◆ **WHAT TO DO**:
Retype the whole listing that follows, line for line.

___ SOURCE MATERIAL ___

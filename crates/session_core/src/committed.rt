//! What a commit answers.

use script_lines::Reply;
use store_model::Refusal;

/// What a commit answers. Whichever it is, the session has ended.
#[derive(Debug, Drop)]
pub enum Committed {
    /// The changes were carried out together, and are durable.
    Ok,
    /// A question has another answer than it had, and nothing was carried out.
    Conflict {
        /// The number of the first such question, from 0.
        question: u32,
        /// The reply that it had.
        was: Reply,
        /// The reply that it has now.
        now: Reply,
    },
    /// A change is refused where they are carried out one after another, and nothing was carried out.
    Refused {
        /// The number of the first such change, from 0.
        index: u32,
        /// Why it is refused.
        reply: Refusal,
    },
}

___

◆ **RESPONSE AREA**:
filename crates/session_core/src/committed.rt
//! What a commit answers.

use script_lines::Reply;
use store_model::Refusal;

/// What a commit answers. Whichever it is, the session has ended.
#[derive(Debug, Drop)]
pub enum Committed {
    /// The changes were carried out together, and are durable.
    Ok,
    /// A question has another answer than it had, and nothing was carried out.
    Conflict {
        /// The number of the first such question, from 0.
        question: u32,
        /// The reply that it had.
        was: Reply,
        /// The reply that it has now.
        now: Reply,
    },
    /// A change is refused where they are carried out one after another, and nothing was carried out.
    Refused {
        /// The number of the first such change, from 0.
        index: u32,
        /// Why it is refused.
        reply: Refusal,
    },
}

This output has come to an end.